Iceberg-related known issues in CDW Private Cloud

This topic describes the Iceberg-related known issues in Cloudera Data Warehouse (CDW) Private Cloud.

Known issues identified in 1.5.3

No new known issues identified in 1.5.3.

Known issues identified in 1.5.2

DWX-16591: Concurrent merge and update Iceberg queries are failing
You may see that the concurrent merge and update Iceberg queries fail with the following error in the Hive application logs: "Base metadata location hdfs://<Location-A> is not same as the current table metadata location ‘<Location-B>’ for default.merge_insert_target_iceberg\rorg.apache.iceberg.exceptions.CommitFailedException". This happens because the corresponding Query A and Query B have overlapping updates. For example, if Query A commits the data and deletes files first, then Query B will fail with validation failure due to conflicting writes.
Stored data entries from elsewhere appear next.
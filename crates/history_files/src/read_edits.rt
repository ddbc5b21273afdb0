//! Trees into which edits lead, read ahead and kept: the edits are tried on an editor over kept trees.

ghost use Rattle.std.specs.Prelude.{◌≡◌, IfOk, IsErrOf, OnOk};
ghost use Rattle.gix_object_lookup.specs.declared.find.Error.TheVariants as looked_up;
ghost use Rattle.history_files.specs.KeptTrees.{AreOf};

use crate::editing::are_paths;
use crate::edits::{Edit, EditError, make_edit};
use crate::error::ReadError;
use crate::opening::open_editor;
use crate::read_trees::ReadTrees;
use gix_hash::ObjectId;
use gix_object_editor::tree::editor::Editor;
use gix_object_lookup::FindInto;
use gix_object_lookup::find::Error;
use gix_object_tree::Tree;
use std::alloc::Global;
use std::mem;

/// Reads the trees that `edit_files` looks up for the same root and edits, but those that are kept.
/// The edits are tried in memory: a tree is read when the first of them leads into it, and none is
/// for those after an edit that is refused. What can't be read is left out.
///
/// Returns `Failed` if a lookup failed, and `Memory` if no memory is left.
pub fn read_for_edits<S: FindInto>(
    alloc: Global,
    store: &S,
    read: &mut ReadTrees,
    root: Option<&ObjectId>,
    edits: &[Edit<'_>],
) -> Result<(), Error>
    ensures kept { S.is_honest store.now → AreOf (S.table store.now) read.old
        → OnOk result (AreOf (S.table store.now) read.new) }
    ensures failed { IsErrOf result looked_up.Failed → S.may_fail store.now }
{
    if !are_paths(edits) {
        return Ok(());
    }
    read_root(alloc, store, read, root)?;
    let kept = mem::replace(read, ReadTrees::new(alloc));
    *read = with_looked_up(alloc, store, kept, root, edits)?;
    Ok(())
}

// Reads the root's tree, unless it is kept.
fn read_root<S: FindInto>(
    alloc: Global,
    store: &S,
    read: &mut ReadTrees,
    root: Option<&ObjectId>,
) -> Result<(), Error>
    ensures kept { S.is_honest store.now → AreOf (S.table store.now) read.old
        → OnOk result (AreOf (S.table store.now) read.new) }
    ensures failed { IsErrOf result looked_up.Failed → S.may_fail store.now }
{
    match root {
        Some(root) => read.read(alloc, store, root),
        None => Ok(()),
    }
}

// Returns the trees that are kept, and with them those that the edits look up below the root.
fn with_looked_up<S: FindInto>(
    alloc: Global,
    store: &S,
    read: ReadTrees,
    root: Option<&ObjectId>,
    edits: &[Edit<'_>],
) -> Result<ReadTrees, Error>
    ensures kept { S.is_honest store.now → AreOf (S.table store.now) read
        → IfOk result (AreOf (S.table store.now)) }
    ensures failed { IsErrOf result looked_up.Failed → S.may_fail store.now }
{
    let mut editor = match editor_over(alloc, read, root) {
        Ok(editor) => editor,
        Err(ReadError::Memory) => return Err(Error::Memory),
        Err(_) => return Ok(ReadTrees::new(alloc)),
    };
    try_edits(alloc, store, &mut editor, edits)?;
    Ok(mem::replace(editor.store_mut(), ReadTrees::new(alloc)))
}

// Returns an editor of a root's files over the trees that are kept.
fn editor_over(
    alloc: Global,
    read: ReadTrees,
    root: Option<&ObjectId>,
) -> Result<Editor<ReadTrees>, ReadError>
    ensures { IfOk result (λ editor. editor.store ≡ read) }
{
    match root {
        Some(root) => open_editor(alloc, read, root),
        None => {
            let entries = Vec::new(alloc);
            Ok(Editor::new(alloc, &Tree { entries }, read)?)
        }
    }
}

// Makes the edits in order up to one that is refused, and reads the trees into which they lead.
fn try_edits<S: FindInto>(
    alloc: Global,
    store: &S,
    editor: &mut Editor<ReadTrees>,
    edits: &[Edit<'_>],
) -> Result<(), Error>
    ensures kept { S.is_honest store.now → AreOf (S.table store.now) editor.old.store
        → OnOk result (AreOf (S.table store.now) editor.new.store) }
    ensures failed { IsErrOf result looked_up.Failed → S.may_fail store.now }
{
    for edit in edits {
        if !try_edit(alloc, store, editor, edit)? {
            return Ok(());
        }
    }
    Ok(())
}

// Makes an edit, once the trees into which it leads are read, and returns whether it is made.
fn try_edit<S: FindInto>(
    alloc: Global,
    store: &S,
    editor: &mut Editor<ReadTrees>,
    edit: &Edit<'_>,
) -> Result<bool, Error>
    ensures kept { S.is_honest store.now → AreOf (S.table store.now) editor.old.store
        → OnOk result (AreOf (S.table store.now) editor.new.store) }
    ensures failed { IsErrOf result looked_up.Failed → S.may_fail store.now }
{
    'reading: for _ in 0..u64::MAX {
        let missing = match make_edit(alloc, editor, edit) {
            Ok(()) => return Ok(true),
            Err(EditError::Broken { oid }) => oid,
            Err(EditError::Memory) => return Err(Error::Memory),
            Err(_) => return Ok(false),
        };
        if !read_new(alloc, store, editor.store_mut(), &missing)? {
            return Ok(false);
        }
    }
    Ok(false)
}

// Reads the tree of this id, unless it is kept, and returns whether it is kept only now.
fn read_new<S: FindInto>(
    alloc: Global,
    store: &S,
    read: &mut ReadTrees,
    id: &ObjectId,
) -> Result<bool, Error>
    ensures kept { S.is_honest store.now → AreOf (S.table store.now) read.old
        → OnOk result (AreOf (S.table store.now) read.new) }
    ensures failed { IsErrOf result looked_up.Failed → S.may_fail store.now }
{
    if read.content(id).is_some() {
        return Ok(false);
    }
    read.read(alloc, store, id)?;
    Ok(read.content(id).is_some())
}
In this case, Query B should invalidate the commit files that are already generated and re-execute the full query on the latest snapshot.
None.
CDPD-59413: Unable to view Iceberg table metadata in Atlas
You may see the following exception in the Atlas application logs when you create an Iceberg table from the CDW data service associated with a CDP Private Cloud Base 7.1.8 or 7.1.7 SP2 cluster: Type ENTITY with name iceberg_table does not exist. This happens because the Atlas server on CDP Private Cloud Base 7.1.8 and 7.1.7 SP2 does not contain the necessary, compatible functionality to support Iceberg tables. This neither affects creating, querying, or modifying of Iceberg tables using CDW nor does it affect creating of policies in Ranger.
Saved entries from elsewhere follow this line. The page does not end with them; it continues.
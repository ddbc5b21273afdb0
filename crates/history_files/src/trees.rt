//! What edits made of a root's files: the new root, and the trees to store (`EditedFiles`, `EditedTree`).

ghost use Rattle.history_files.specs.TreeIds.{IsTreeId};

use gix_hash::ObjectId;

/// A tree of edited files.
#[derive(Drop)]
pub struct EditedTree {
    /// Its id.
    pub id: ObjectId,
    /// Its content.
    pub content: Vec<u8>,
    pub ghost named: { IsTreeId id content.items },
}

/// What edits made of a root's files.
#[derive(Drop)]
pub struct EditedFiles {
    /// The id of the tree of all files.
    pub root: ObjectId,
    /// The trees that are to be stored, each after those of its own folders. That of all files is
    /// the last.
    pub trees: Vec<EditedTree>,
    /// How many trees were looked up in the store.
    pub lookups: u64,
}
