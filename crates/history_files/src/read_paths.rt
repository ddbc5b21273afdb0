//! Trees on several paths, read and kept: folders on the paths, and what is left of each path below them.

ghost use Rattle.std.specs.Prelude.{IsErrOf, OnOk};
ghost use Rattle.gix_object_lookup.specs.declared.find.Error.TheVariants as looked_up;
ghost use Rattle.history_files.specs.KeptTrees.{AreOf};

use crate::read_trees::ReadTrees;
use gix_hash::ObjectId;
use gix_object_lookup::FindInto;
use gix_object_lookup::find::Error;
use gix_object_tree::TreeRefIter;
use gix_object_tree::tree::EntryRef;
use std::alloc::{AllocError, Global};
use std::collections::BTreeMap;

// A tree, and what is left of some paths below it.
#[derive(Drop)]
struct Waiting<'a> {
    tree: ObjectId,
    rests: Vec<&'a [u8]>,
}

// What is left of some paths below each of the folders that they begin with.
type Rests<'a> = BTreeMap<&'a [u8], Vec<&'a [u8]>>;

/// Reads the trees on some paths below a root, but those that are kept: the root's, and each into
/// which a path leads. What can't be read is left out.
///
/// Returns `Failed` if a lookup failed, and `Memory` if no memory is left.
pub fn read_on_paths<S: FindInto>(
    alloc: Global,
    store: &S,
    read: &mut ReadTrees,
    root: &ObjectId,
    paths: Vec<&[u8]>,
) -> Result<(), Error>
    ensures kept { S.is_honest store.now → AreOf (S.table store.now) read.old
        → OnOk result (AreOf (S.table store.now) read.new) }
    ensures failed { IsErrOf result looked_up.Failed → S.may_fail store.now }
{
    let mut waiting = Vec::new(alloc);
    waiting.push(Waiting {
        tree: *root,
        rests: paths,
    })?;
    'reading: for _ in 0..u64::MAX {
        let Some(next) = waiting.pop() else {
            return Ok(());
        };
        read.read(alloc, store, &next.tree)?;
        follow_paths(alloc, read, &next, &mut waiting)?;
    }
    Ok(())
}

// Adds the folders of a tree on which paths go on, if the tree is kept and can be read.
fn follow_paths<'a>(
    alloc: Global,
    read: &ReadTrees,
    from: &Waiting<'a>,
    waiting: &mut Vec<Waiting<'a>>,
) -> Result<(), AllocError> {
    let mut rests = rests_of(alloc, &from.rests)?;
    let Some(content) = read.content(&from.tree) else {
        return Ok(());
    };
    for entry in TreeRefIter::from_bytes(content, from.tree.kind()) {
        match entry {
            Ok(entry) if !rests.is_empty() => add_waiting(&entry, &mut rests, waiting)?,
            _ => return Ok(()),
        }
    }
    Ok(())
}

// Adds the folder that an entry names, if paths go on there.
fn add_waiting<'a>(
    entry: &EntryRef<'_>,
    rests: &mut Rests<'a>,
    waiting: &mut Vec<Waiting<'a>>,
) -> Result<(), AllocError> {
    if entry.mode.is_tree() {
        if let Some(rests) = rests.remove(entry.filename.as_bytes()) {
            waiting.push(Waiting {
                tree: ObjectId::from(entry.oid),
                rests,
            })?;
        }
    }
    Ok(())
}

fn rests_of<'a>(alloc: Global, paths: &[&'a [u8]]) -> Result<Rests<'a>, AllocError> {
    let mut rests = BTreeMap::new(alloc);
    for path in paths {
        add_rest(alloc, &mut rests, path)?;
    }
    Ok(rests)
}

// Adds what is left of a path after its first name, if anything is.
fn add_rest<'a>(alloc: Global, rests: &mut Rests<'a>, path: &'a [u8]) -> Result<(), AllocError> {
    let Some(at) = path.iter().position(|byte| *byte == b'/') else {
        return Ok(());
    };
    let name = &path[..at];
    let mut there = match rests.remove(name) {
        Some(there) => there,
        None => Vec::new(alloc),
    };
    there.push(&path[at + 1..])?;
    rests.insert(name, there)?;
    Ok(())
}
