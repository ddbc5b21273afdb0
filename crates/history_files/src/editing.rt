//! Makes edits of a root's files (`edit_files`): tests paths and null ids, and writes the trees to be stored.

ghost use Rattle.std.specs.Prelude.{◌≡◌, ◌≤◌, ◌+◌, IfOk, IfErr, IsErrOf, map};
ghost use Rattle.std.specs.List.{list_all, list_any};
ghost use Rattle.gix_hash.specs.Id.{id_of};
ghost use Rattle.gix_object_editor.specs.Asked.{CountsUp};
ghost use Rattle.gix_object_editor.specs.Stored.{HasStored};
ghost use Rattle.gix_object_nodes.specs.Files.{Trees, is_null};
ghost use Rattle.gix_hash.specs.declared.kind.Kind.{Kind};
ghost use Rattle.history_model.specs.FileMap.{is_path};
ghost use Rattle.history_files.specs.StandIns.{puts_null, stand_in};
ghost use Rattle.history_files.specs.Edits.{name_count};
ghost use Rattle.gix_object_tree.specs.Entry.{own_item};
ghost use Rattle.gix_object_tree.specs.Writing.{tree_text};
ghost use Rattle.history_files.specs.Editing.{OfEdits, AreEdited, EditsFault, root_id};
ghost use Rattle.history_files.specs.Lookups.{AsksOf, root_count, root_into};
ghost use Rattle.history_files.specs.Opening.{TellsBroken};
ghost use Rattle.history_files.specs.Handing.{HasWritten, KeepsTree};
ghost use Rattle.history_files.specs.declared.edits.EditError.TheVariants.{Failed, Memory};

use crate::edits::{Change, Edit, EditError, make_edits};
use crate::opening::editor_of;
use crate::paths::is_file_path;
use crate::trees::{EditedFiles, EditedTree};
use gix_hash::{Kind, ObjectId};
use gix_object_editor::tree::editor::Editor;
use gix_object_hash::compute_hash;
use gix_object_lines::{Kind as ObjectKind, WriteTo};
use gix_object_lookup::FindInto;
use gix_object_tree::Tree;
use history_model::laws::edits_keep;
use std::alloc::{AllocError, Global};

/// Makes the edits of a root's files, in order, and returns the trees that are to be stored for the
/// result: those on the edited paths, and always the root's, even if it has no entries. Without a
/// root there are no files before. Nothing is stored. The ids of what is put, and of the trees, are
/// of this kind. Looks up the root's tree, and each tree into which an edit leads and that wasn't
/// looked up before: at most one more than there are names in the edited paths.
///
/// Returns `BadPath` if a path has an empty name or a zero byte, whatever the other edits are,
/// before anything is looked up; `IsFolder` if a `RemoveFile` finds files below its path;
/// `EmptyTree` if what is grafted has the id of the tree without entries; `NullId` if no edit is
/// refused and what is put or one of the trees has the null id; `Failed` if a lookup failed;
/// `Broken` if the root or a tree on a path is missing or can't be read; and `Memory` if no memory
/// is left.
pub fn edit_files<S: FindInto>(
    alloc: Global,
    store: &S,
    kind: Kind,
    root: Option<&ObjectId>,
    edits: &[Edit<'_>],
) -> Result<EditedFiles, EditError>
    ensures edited { OfEdits (S.is_honest store.now) (S.table store.now) kind
        (root_id root.entry) edits.now
        (λ files made. IfOk result (AreEdited kind files made)) }
    ensures refused { OfEdits (S.is_honest store.now) (S.table store.now) kind
        (root_id root.entry) edits.now
        (λ files made. IfErr result (EditsFault (S.may_fail store.now) kind files made)) }
    // Of any root.
    ensures broken { IfErr result (TellsBroken (S.is_honest store.now) (S.table store.now)) }
    ensures counted { IfOk result (λ edited. edited.lookups ≤ name_count edits.now + 1) }
    ensures asked { S.is_honest store.now
        → (trees : Trees) → HasStored (S.table store.now) trees
        → IfOk result (λ edited. AsksOf (root_into trees (root_id root.entry)) edits.now
        (root_count (root_id root.entry)) edited.lookups) }
    ensures failed { IsErrOf result Failed → S.may_fail store.now }
{
    edits_keep();
    if !are_paths(edits) {
        return Err(EditError::BadPath);
    }
    let mut editor = editor_of(alloc, store, root)?;
    if has_null(edits) {
        let tested = with_id(alloc, ObjectId::empty_blob(kind), edits)?;
        make_edits(alloc, &mut editor, tested.as_slice())?;
        return Err(EditError::NullId);
    }
    make_edits(alloc, &mut editor, edits)?;
    let edited = written(alloc, kind, &editor, roots(root))?;
    if has_null_tree(edited.trees.as_slice()) {
        return Err(EditError::NullId);
    }
    Ok(edited)
}

/// Returns whether each edit has a well-formed path.
pub(crate) fn are_paths(edits: &[Edit<'_>]) -> bool
    ensures { result ≡ list_all (λ edit. is_path edit.path.now) edits.now }
{
    edits.iter().all(|edit| is_file_path(edit.path))
}

// Returns whether an edit puts what has the null id.
fn has_null(edits: &[Edit<'_>]) -> bool
    ensures { result ≡ list_any (λ edit. puts_null edit.change) edits.now }
{
    edits.iter().any(|edit| puts_null(&edit.change))
}

fn puts_null(change: &Change) -> bool
    ensures { result ≡ puts_null change.now }
{
    match change {
        Change::Put { id, .. } => is_null(id),
        Change::Remove | Change::RemoveFile | Change::Graft(_) => false,
    }
}

// Returns the edits with this id for all that is put: they are tested so, since an editor has no
// file with the null id.
fn with_id<'a>(alloc: Global, id: ObjectId, edits: &[Edit<'a>]) -> Result<Vec<Edit<'a>>, AllocError>
    ensures { IfOk result (λ tested. tested.items ≡ map (stand_in id) edits.now) }
{
    edits.iter().map(|edit| stand_in(id, edit)).collect(alloc)
}

fn stand_in<'a>(id: ObjectId, edit: &Edit<'a>) -> Edit<'a>
    ensures { result ≡ stand_in id edit.now }
{
    let change = match edit.change {
        Change::Put { kind, .. } => Change::Put { kind, id },
        Change::Remove => Change::Remove,
        Change::RemoveFile => Change::RemoveFile,
        Change::Graft(found) => Change::Graft(found),
    };
    Edit {
        path: edit.path,
        change,
    }
}

fn has_null_tree(trees: &[EditedTree]) -> bool
    ensures { result ≡ list_any (λ tree. is_null (id_of tree.id)) trees.now }
{
    trees.iter().any(|tree| is_null(&tree.id))
}

fn is_null(id: &ObjectId) -> bool
    ensures { result ≡ is_null (id_of id.now) }
{
    id.is_null()
}

// Returns how many roots are given.
fn roots(root: Option<&ObjectId>) -> u64
    ensures { result ≡ root_count (root_id root.entry) }
{
    match root {
        Some(_) => 1,
        None => 0,
    }
}

// Returns the trees that the editor hands out. So many were looked up before it counted.
fn written<S: FindInto>(
    alloc: Global,
    kind: Kind,
    editor: &Editor<S>,
    before: u64,
) -> Result<EditedFiles, EditError>
    ensures trees { IfOk result (λ edited. HasWritten kind editor.now edited) }
    ensures counted { IfOk result (λ edited. edited.lookups ≤ editor.now.lookups + before) }
    ensures asked { IfOk result (λ edited. CountsUp editor.now.lookups edited.lookups before) }
    ensures refused { IfErr result (λ error. error ≡ Memory) }
{
    let mut trees = Vec::new(alloc);
    let root = editor.write(
        alloc,
        &mut |tree: &Tree| -> Result<ObjectId, AllocError>
            ensures { IfOk result (KeepsTree kind trees.entry.items tree.now trees.exit.items) }
        { keep(alloc, kind, &mut trees, tree) },
    );
    match root {
        Ok(root) => Ok(EditedFiles {
            root,
            trees,
            lookups: editor.lookups().saturating_add(before),
        }),
        Err(_) => Err(EditError::Memory),
    }
}

// Keeps a tree that is handed out, and returns its id.
fn keep(
    alloc: Global,
    kind: Kind,
    trees: &mut Vec<EditedTree>,
    tree: &Tree,
) -> Result<ObjectId, AllocError>
    ensures { IfOk result (KeepsTree kind trees.old.items tree.now trees.new.items) }
{
    let content = content_of(alloc, tree)?;
    let id = compute_hash(kind, ObjectKind::Tree, content.as_slice());
    trees.push(EditedTree { id, content })?;
    Ok(id)
}

// Returns the tree's text. Each name was tested, so only memory can be the cause if there is none.
fn content_of(alloc: Global, tree: &Tree) -> Result<Vec<u8>, AllocError>
    ensures { IfOk result (λ content.
        content.items ≡ tree_text (map own_item tree.now.entries.items)) }
{
    let mut content = Vec::new(alloc);
    match tree.write_to(&mut content) {
        Ok(()) => Ok(content),
        Err(_) => Err(AllocError),
    }
}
On CDP Private Cloud Base 7.1.9, Iceberg table entities are not created in Atlas. You can ignore the following error appearing in the Atlas application logs: ERROR - [NotificationHookConsumer thread-1:] ~ graph rollback due to exception (GraphTransactionInterceptor:200) org.apache.atlas.exception.AtlasBaseException: invalid relationshipDef: hive_table_storagedesc: end type 1: hive_storagedesc, end type 2: iceberg_table

If you are on CDP Private Cloud Base 7.1.7 SP2 or 7.1.8, then you can manually upload the Iceberg model file z1130-iceberg_table_model.json in to the /opt/cloudera/parcels/CDH/lib/atlas/models/1000-Hadoop directory as follows:
  1. SSH into the Atlas server host as an Administrator.
  2. Change directory to the following:
    cd /opt/cloudera/parcels/CDH/lib/atlas/models/1000-Hadoop
  3. Create a file called 1130-iceberg_table_model.json with the following content:
    {
      "enumDefs": [],
      "structDefs": [],
      "classificationDefs": [],
      "entityDefs": [
        {
          "name": "iceberg_table",
          "superTypes": [
            "hive_table"
          ],
          "serviceType": "hive",
          "typeVersion": "1.0",
          "attributeDefs": [
            {
              "name": "partitionSpec",
              "typeName": "array<string>",
              "cardinality": "SET",
              "isIndexable": false,
              "isOptional": true,
              "isUnique": false
            }
          ]
        },
        {
          "name": "iceberg_column",
          "superTypes": [
            "hive_column"
          ],
          "serviceType": "hive",
          "typeVersion": "1.0"
        }
      ],
      "relationshipDefs": [
        {
          "name": "iceberg_table_columns",
          "serviceType": "hive",
          "typeVersion": "1.0",
          "relationshipCategory": "COMPOSITION",
          "relationshipLabel": "__iceberg_table.columns",
          "endDef1": {
            "type": "iceberg_table",
            "name": "columns",
            "isContainer": true,
            "cardinality": "SET",
            "isLegacyAttribute": true
          },
          "endDef2": {
            "type": "iceberg_column",
            "name": "table",
            "isContainer": false,
            "cardinality": "SINGLE",
            "isLegacyAttribute": true
          },
          "propagateTags": "NONE"
        }
      ]
    }
  4. Save the file and exit.
  5. Restart the Atlas service using Cloudera Manager.